The config file is under test/fixtures/terraform_xx/config.yaml
where xx
is the terraform version.
What's being tested?
Each test will run:
terraform init
terratag
terraform validate
And finally, will compare the results in out
with the expected
directory
Running Tests
Tests can only run on a specific Terraform version -
go test -run TestTerraformXX
We use tfenv to switch between versions.
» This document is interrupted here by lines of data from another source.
// Says when each key of an address was last used, and returns whether that is ground to retire this one.
fn write_uses(
    clerk: &Clerk<'_>,
    address: Address,
    number: NonZero<u16>,
    said: &mut String,
) -> Result<bool, Stop> {
    clerk.renew_customers()?;
    let used = used_keys(clerk, address, said)?;
    let begun = start_of_counts(clerk)?;
    let (desk, customers) = (clerk.desk, clerk.configuration.customers.as_ref());
    let written = customers.and_then(|path| desk.written_at(path.as_str()));
    let date_of = |time: Option<u64>| time.and_then(|time| date(desk.alloc(), time, SIGNED_FORM));
    match (date_of(begun), date_of(written)) {
        (Some(begun), Some(written)) => write!(said, "counted from {begun} to {written}")?,
        _ => write!(said, "counted since a time that is not known")?,
    }
    let begun = begun.unwrap_or(u64::MAX);
    let counted = written.unwrap_or(0).saturating_sub(begun);
    Ok(may_retire(number, &used, counted))
}

// Says when each key of an address was last used, and returns the numbers of those that were.
fn used_keys(clerk: &Clerk<'_>, address: Address, said: &mut String) -> Result<Vec<u16>, Stop> {
    let text = clerk.reported(&clerk.configuration.customers)?;
    let lines = customer_lines(clerk.desk, text.as_ref().map_or("", |text| text.as_str()))?;
    let mut used = Vec::new(clerk.desk.alloc());
    let customer = lines
        .iter()
        .filter(|line| words::address(line.address) == Some(address));
    for key in customer.flat_map(|customer| customer.keys.iter()) {
        let number = key.number;
        match key.last_signed {
            Some(seconds) => {
                let date = signed_date(clerk.desk.alloc(), seconds)?;
                write!(said, "key {number} last used {date}, ")?;
                used.push(number)?;
            }
            None => write!(said, "key {number} not used, ")?,
        }
    }
    Ok(used)
}

// Returns since when labntpd counts, in seconds since 1970, if its statistics file says it.
fn start_of_counts(clerk: &Clerk<'_>) -> Result<Option<u64>, Stop> {
    let statistics = clerk.reported(&clerk.configuration.statistics)?;
    let mut values = statistics.as_ref().map_or("", |text| text.as_str()).lines();
    let begun = values.find_map(|line| line.strip_prefix("labntp_start_time_seconds "));
    Ok(begun.and_then(|seconds| whole_seconds(seconds)))
}

/// Reports why no commands were found.
pub fn unled(desk: Desk<'_>, fault: LeadFault) -> Stop {
    match fault {
        LeadFault::NoMemory => Stop::Memory,
        LeadFault::Refused(refusal) => refused(desk, refusal, Seen::Nothing),
        _ => desk.refusal("no commands lead to these customers: nothing was changed"),
    }
}

// Reports why a command is refused for an address that has this.
fn refused(desk: Desk<'_>, refusal: Refusal, there: Seen) -> Stop {
    let (word, meaning) = (refusal.word(), refusal_meaning(refusal));
    match (refusal, there) {
        (Refusal::NoMemory, _) => Stop::Memory,
        (Refusal::NotHeld, Seen::Enrolled(terms)) => {
            let keys = Keys(terms);
            desk.refusal(format_args!("refused {word}: {meaning}, but {keys}"))
        }
        _ => desk.refusal(format_args!("refused {word}: {meaning}")),
    }
}
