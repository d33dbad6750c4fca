//! Writes the rules by which nftables polices the door.

use crate::commands_file::Loaded;
use crate::desk::{Clerk, Stop};
use ntp_clerk::Dotted;
use ntp_query::Server;
use ntp_service::Address;
use std::alloc::{AllocError, Global};
use std::fmt::Write;
use std::num::NonZero;

/// An address at which the server is asked, and the port, if it is not that of the configuration; nothing where the words name none.
pub type Place = Option<(Address, Option<u16>)>;

/// Prints the rules, as `nft -f` takes them: `rate` datagrams of each customer pass in a second, and twice as many at once.
pub fn print_door(clerk: &Clerk<'_>, place: Place, rate: NonZero<u16>) -> Result<(), Stop> {
    let (server, loaded) = (server_for(clerk, place)?, clerk.load()?);
    let rules = rules(clerk.desk.alloc(), server, rate.get(), &loaded)?;
    clerk.desk.print(rules.as_str())
}

// Returns where the rules apply: where the words say it, else where labntpd listens, or else where customers ask.
fn server_for(clerk: &Clerk<'_>, place: Place) -> Result<Server, Stop> {
    match (place, clerk.listening().or(clerk.server())) {
        (Some((address, port)), _) => Ok(Server {
            address,
            port: port.unwrap_or(clerk.port()),
        }),
        (None, Some(server)) => Ok(server),
        (None, None) => {
            let why = "`listen` and `served_as` name no address: --address ADDRESS is wanted";
            Err(clerk.desk.refusal_at(clerk.config, why))
        }
    }
}

// Returns the rules for the datagrams to a server. Who was revoked is a customer too, since it gets DENY.
fn rules(alloc: Global, server: Server, rate: u16, loaded: &Loaded) -> Result<String, AllocError> {
    let customers = loaded.service.addresses()?;
    let (address, port, burst) = (Dotted(server.address), server.port, 2 * u32::from(rate));
    let table = format!(in alloc; "table inet labntpd-{address}-{port}")?;
    let mut text = format!(in alloc;
        "\
#!/usr/sbin/nft -f
# Written by `labntpctl door`, for `nft -f`: it takes the place of what was loaded for this address and port.
# Behind `counter`, `nft list {table}` shows how many datagrams were dropped.

{table}
delete {table}

{table} {{
    set customers {{
        type ipv4_addr
"
    )?;
    if !customers.is_empty() {
        text.push_str("        elements = {\n")?;
        for customer in customers.iter() {
            writeln!(text, "            {},", Dotted(*customer))?;
        }
        text.push_str("        }\n")?;
    }
    write!(
        text,
        "    }}

    # The customers that were heard in the last two minutes.
    set sources {{
        type ipv4_addr
        size 65535
        flags dynamic,timeout
        timeout 2m
    }}

    chain queries {{
        ip saddr != @customers counter drop
        update @sources {{ ip saddr limit rate over {rate}/second burst {burst} packets }} counter drop
    }}

    chain door {{
        # Before connection tracking, so that a flood costs little.
        type filter hook prerouting priority raw; policy accept;
        # The server's own replies pass here too where both ends are on this host.
        ip daddr {address} udp dport {port} ip saddr != {address} jump queries
    }}
}}
"
    )?;
    Ok(text)
}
The exact versions used in the CI tests can be found under test/tfenvconf
.
Release
- Create and push a tag locally, in semver format -
git tag v0.1.32 && git push origin --tags
- Goto Github Releases and edit the draft created by Release Drafter Bot - it should contain the change log for the release (if not press on Auto-generate release notes). Make sure it's pointing at the tag you created in the previous step and publish the release.
- Binaries will be automatically generated by the Github action defined in
.github/workflows/release.yml
- NPM will automatically pick up on the new version.